If I understood correctly:

function A = makeMatrix(Jc, Jf, x)

%Jc: function handle to a function that takes scalar input xi and returns a fixed size matrix

%Jf: function handle to a function that takes scalar input xi and returns a fixed size matrix

%x: vector of xi, must have an EVEN number of elements

assert(mod(numel(x), 2) == 0, 'Precondition broken');

Jcx = arrayfun(Jc, x, 'UniformOutput', false); %apply Jc to each x, store result in cell array

Jfx = arrayfun(Jf, x, 'UniformOutput', false); %apply Jf to each x, store result in cell array

Jcz = repmat({zeros(size(Jcx{1}))}, 1, numel(x)/2); %matrices of zeros to insert in first two columns

Jcmat = cell2mat(reshape([Jcx{1:2:end}, Jcz; Jcz, Jcx{2:2:end}], [], 2)); %build first two columns

Jfx = cellfun(@(odd, even) [odd;even], Jfx(1:2:end), Jfx(2:2:end), 'UniformOutput', false); %concatenate odd and even consecutive indices

Jfmat = blkdiag(Jfx{:}); %blkdiag the odd-even matrices

A = [Jcmat, Jfmat];

end

Guillaume
on 24 May 2019

The only way you could do this is with the symbolic toolbox. Unfortunately, I don't know anything about the symbolic toolbox.

I don't see how the accepted answer does what you want. It also reconstructs A at each call.

Thomas Barbier
on 24 May 2019

Yes indeed, I came with the same conclusion. So I'll reconstruct each time...

Guillaume
on 24 May 2019

Without the symbolic toolbox, what you could do to speed up the reconstruction is store the location of the Jcx and Jfx in the final matrix beforehand, so the only thing you have to do in the loop is calculate the actual values and insert them at the precalculated locations:

function [locJc, locJf] = PrepareA(xlength, matsize)

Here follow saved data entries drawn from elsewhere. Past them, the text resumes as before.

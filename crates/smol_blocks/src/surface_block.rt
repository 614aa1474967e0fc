//! The block of a surface, from the line that opens it to the line that closes it.
ghost use Rattle.std.specs.Prelude.{◌≡◌, ◌+◌, ◌<◌, ◌≤◌, [], List, Some, false, length, drop, slice_get, IfOk, IfErr, IfSome, OnOk};
ghost use Rattle.smol_text.specs.Reading.{Stated};
ghost use Rattle.smol_text.specs.Spans.{stated_lines};
ghost use Rattle.smol_types.specs.Limits.{most_panels, most_species, most_surfaces};
ghost use Rattle.smol_line.specs.Axes.{most_axes};
ghost use Rattle.smol_line.specs.Fault.{TellsFault};
ghost use Rattle.smol_line.specs.Names.{is_named};
ghost use Rattle.smol_blocks.specs.BlockReads.{AnswersBlock, HoldsBlock, ReadsIn};
ghost use Rattle.smol_blocks.specs.BlockText.{block_from, in_surface_block, surface_block, surface_rules};
ghost use Rattle.smol_blocks.specs.Names.{AreNames, axes_of};
ghost use Rattle.smol_blocks.specs.Surface.{SurfaceSaid};
ghost use Rattle.smol_blocks.specs.SurfaceTable.{ArePaired, Holds, IsReady, known_of};
ghost use Rattle.smol_blocks.specs.Blocks.{panels_in};

use crate::block_name::block_name_in;
use crate::block_statement::BlockStatement;
use crate::close_surface::{panels_of, surface_of};
use crate::drafts::SurfaceDraft;
use crate::names::Names;
use crate::statement::Statement;
use crate::surface_table::SurfaceTable;
use crate::told::told_at;
use smol_line::{Axes, NameSet, Refusal, needs_dim, word_at, word_count};
use smol_text::{StatedLine, Text};
use smol_types::{ConfigFault, Kind, Name};
use std::alloc::{AllocError, Global};

/// How many surfaces there may be.
const MOST_SURFACES: usize = 256;

// Reads a line that makes this statement. Answers whether the block stays open.
fn read_statement(
    alloc: Global,
    table: &mut SurfaceTable,
    statement: BlockStatement,
    dims: u8,
    species: &NameSet,
    others: usize,
    line: &StatedLine<'_>,
) -> Result<bool, Refusal>
    requires least { 1 ≤ dims }
    requires most { dims ≤ 3 }
    requires species { length species.now ≤ most_species }
    requires few { others + length table.old.panels.names ≤ most_panels }
    requires ready { IsReady table.old (length species.now) }
    ensures few { OnOk result (others + length table.new.panels.names ≤ most_panels) }
    ensures ready { OnOk result (IsReady table.new (length species.now)) }
    ensures reads { ReadsIn Holds (λ said. surface_rules (known_of dims species.now others) said line.now statement) table.old table.new result }
{
    match statement {
        BlockStatement::InSurface(one) => {
            table.read(alloc, one, dims, species, others, line)?;
            Ok(true)
        }
        BlockStatement::EndSurface => {
            word_count(1, line)?;
            Ok(false)
        }
        _ => Err(Refusal::At(Kind::BadOrder)),
    }
}

// Reads a line in the block behind those read so far. Answers whether the block stays open.
fn read_line(
    alloc: Global,
    table: &mut SurfaceTable,
    dims: u8,
    species: &NameSet,
    others: usize,
    line: &StatedLine<'_>,
) -> Result<bool, Refusal>
    requires least { 1 ≤ dims }
    requires most { dims ≤ 3 }
    requires species { length species.now ≤ most_species }
    requires few { others + length table.old.panels.names ≤ most_panels }
    requires ready { IsReady table.old (length species.now) }
    ensures few { OnOk result (others + length table.new.panels.names ≤ most_panels) }
    ensures ready { OnOk result (IsReady table.new (length species.now)) }
    ensures reads { ReadsIn Holds (λ said. in_surface_block (known_of dims species.now others) said line.now) table.old table.new result }
{
    match Statement::of(word_at(line, 0)) {
        Statement::PassedOver => Ok(true),
        Statement::NotInProfile => Err(Refusal::At(Kind::NotInProfile)),
        Statement::Unknown => Err(Refusal::At(Kind::UnknownStatement)),
        Statement::Block(one) => read_statement(alloc, table, one, dims, species, others, line),
        _ => Err(Refusal::At(Kind::BadOrder)),
    }
}

// Reads the lines of the block that the line at an index opens, which has this number. Answers what they give, and the
// index of the line behind the block.
fn read_lines(
    alloc: Global,
    text: &Text,
    opened: u32,
    at: usize,
    dims: u8,
    species: &NameSet,
    others: usize,
) -> Result<(SurfaceTable, usize), ConfigFault>
    requires within { at < length (stated_lines text.now) }
    requires least { 1 ≤ dims }
    requires most { dims ≤ 3 }
    requires species { length species.now ≤ most_species }
    requires few { others ≤ most_panels }
    ensures accepted { IfOk result (λ read. HoldsBlock Holds
        (block_from (in_surface_block (known_of dims species.now others)) opened [] (at + 1) (drop (at + 1) (stated_lines text.now))) read.0 read.1) }
    ensures refused { IfErr result (λ fault. TellsFault fault
        (block_from (in_surface_block (known_of dims species.now others)) opened [] (at + 1) (drop (at + 1) (stated_lines text.now)))) }
    ensures next { IfOk result (λ read. (at + 1 < read.1) × (read.1 ≤ length (stated_lines text.now))) }
    ensures few { IfOk result (λ read. others + length read.0.panels.names ≤ most_panels) }
    ensures ready { IfOk result (λ read. IsReady read.0 (length species.now)) }
{
    let mut table = match SurfaceTable::new(alloc, species.len()) {
        Ok(table) => table,
        Err(_) => return Err(ConfigFault::OutOfMemory),
    };
    let end = text.len();
    for k in at + 1..end {
        let line = text.line(k);
        match read_line(alloc, &mut table, dims, species, others, &line) {
            Ok(true) => {}
            Ok(false) => return Ok((table, k + 1)),
            Err(refusal) => return Err(told_at(line.number(), refusal)),
        }
    }
    Err(ConfigFault::At {
        line: opened,
        kind: Kind::OpenBlock,
    })
}

// The surface of this name and number that a table gives, with its panels, where so many of other surfaces stand before.
fn draft_of(
    alloc: Global,
    name: &str,
    table: SurfaceTable,
    surface: u16,
    others: usize,
) -> Result<SurfaceDraft, AllocError>
    requires paired { ArePaired table.panels }
    requires few { others + length table.panels.names ≤ most_panels }
    ensures name { IfOk result (λ draft. draft.name ≡ name.now) }
    ensures surface { IfOk result (λ draft. draft.surface ≡ record {
      front = table.actions.front.actions.items;
      back = table.actions.back.actions.items;
      front_new = table.actions.front.changes.items;
      back_new = table.actions.back.changes.items;
    }) }
    ensures panels { IfOk result (λ draft. (lines : List SurfaceSaid) → Holds table lines → draft.panels ≡ panels_in surface others lines) }
    ensures count { IfOk result (λ draft. length draft.panels ≡ length table.panels.names) }
{
    let name = Name::from_text(alloc, name)?;
    let panels = panels_of(alloc, &table, surface, others)?;
    Ok(SurfaceDraft {
        name,
        surface: surface_of(table.actions),
        panels,
    })
}

/// Reads the block of a surface that the line at an index opens, where the lines before give these axes, these names of
/// species and of surfaces, and so many panels. Answers the surface with its panels, and the index of the line behind the block.
pub fn read_surface_block(
    alloc: Global,
    text: &Text,
    at: usize,
    axes: &Axes,
    species: &NameSet,
    surfaces: &NameSet,
    panels: usize,
) -> Result<(SurfaceDraft, usize), ConfigFault>
    requires within { at < length (stated_lines text.now) }
    requires axes { IfSome axes.now.dims (λ dims. (1 ≤ dims) × (dims ≤ most_axes)) }
    requires species { length species.now ≤ most_species }
    requires panels { panels ≤ most_panels }
    ensures reads { (line : Stated) → slice_get (stated_lines text.now) at ≡ Some line
        → AnswersBlock (surface_block axes.now species.now surfaces.now panels
        line (at + 1) (drop (at + 1) (stated_lines text.now))) result }
    ensures next { IfOk result (λ read. (at + 1 < read.1) × (read.1 ≤ length (stated_lines text.now))) }
    ensures new { IfOk result (λ read. is_named surfaces.now read.0.name ≡ false) }
    ensures room { IfOk result (λ read. length surfaces.now < most_surfaces) }
    ensures few { IfOk result (λ read. panels + length read.0.panels ≤ most_panels) }
{
    let line = text.line(at);
    match block_name_in(axes, surfaces, MOST_SURFACES, &line) {
        Ok(name) => {
            let dims = match needs_dim(axes) {
                Ok(dims) => dims,
                Err(kind) => return Err(told_at(line.number(), Refusal::At(kind))),
            };
            let (table, next) = read_lines(alloc, text, line.number(), at, dims, species, panels)?;
            match draft_of(alloc, name, table, surfaces.len() as u16, panels) {
                Ok(draft) => Ok((draft, next)),
                Err(_) => Err(ConfigFault::OutOfMemory),
            }
        }
        Err(kind) => Err(told_at(line.number(), Refusal::At(kind))),
    }
}

/// Reads the block of a surface that the line at an index opens, where the lines before give these names. Answers the
/// surface with its panels, and the index of the line behind the block.
pub fn read_surface(
    alloc: Global,
    text: &Text,
    at: usize,
    names: &Names,
) -> Result<(SurfaceDraft, usize), ConfigFault>
    requires within { at < length (stated_lines text.now) }
    requires names { AreNames names.now }
    ensures reads { (line : Stated) → slice_get (stated_lines text.now) at ≡ Some line
        → AnswersBlock (surface_block (axes_of names.now) names.now.species names.now.surfaces names.now.panels line (at + 1) (drop (at + 1) (stated_lines text.now))) result }
{
    let axes = names.axes();
    let panels = names.panels as usize;
    read_surface_block(
        alloc,
        text,
        at,
        &axes,
        &names.species,
        &names.surfaces,
        panels,
    )
}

%xlength: number of elements in x. Must be even

%matsize: two element vectors indicated the size of matrices returned by Jcx and Jfx

%locJx: 2 columns matrices indicating the insertion point of Jxx

locJc = [(0:xlength-1)*matsize(1) + 1; repmat([1, matsize(2)+1], 1, xlength/2)].';

locJf = [(0:xlength-1)*matsize(1) + 1; repelem(0:xlength/2-1, 2)*matsize(2) + 2*matsize(2) + 1].';

end

When it's time to reconstruct A:

function A = constructA(Jc, Jf, x, locJc, locJf, matsize)

%Jc, Jf: function handles

%x: array of x values

A = zeros(matsize(1) * numel(x), matsize(2) * (numel(x)/2 + 2));

for xidx = 1:numel(x)

A(locJc(xidx, 1) + (0:matsize(1)-1), locJc(xidx, 2) + (0:matsize(2)-1)) = Jc(x(xidx));

A(locJf(xidx, 1) + (0:matsize(1)-1), locJf(xidx, 2) + (0:matsize(2)-1)) = Jf(x(xidx));

end

end

To speed up even more, you could make locJc and locJf cell arrays of indices so as to avoid any index calculation in constructA.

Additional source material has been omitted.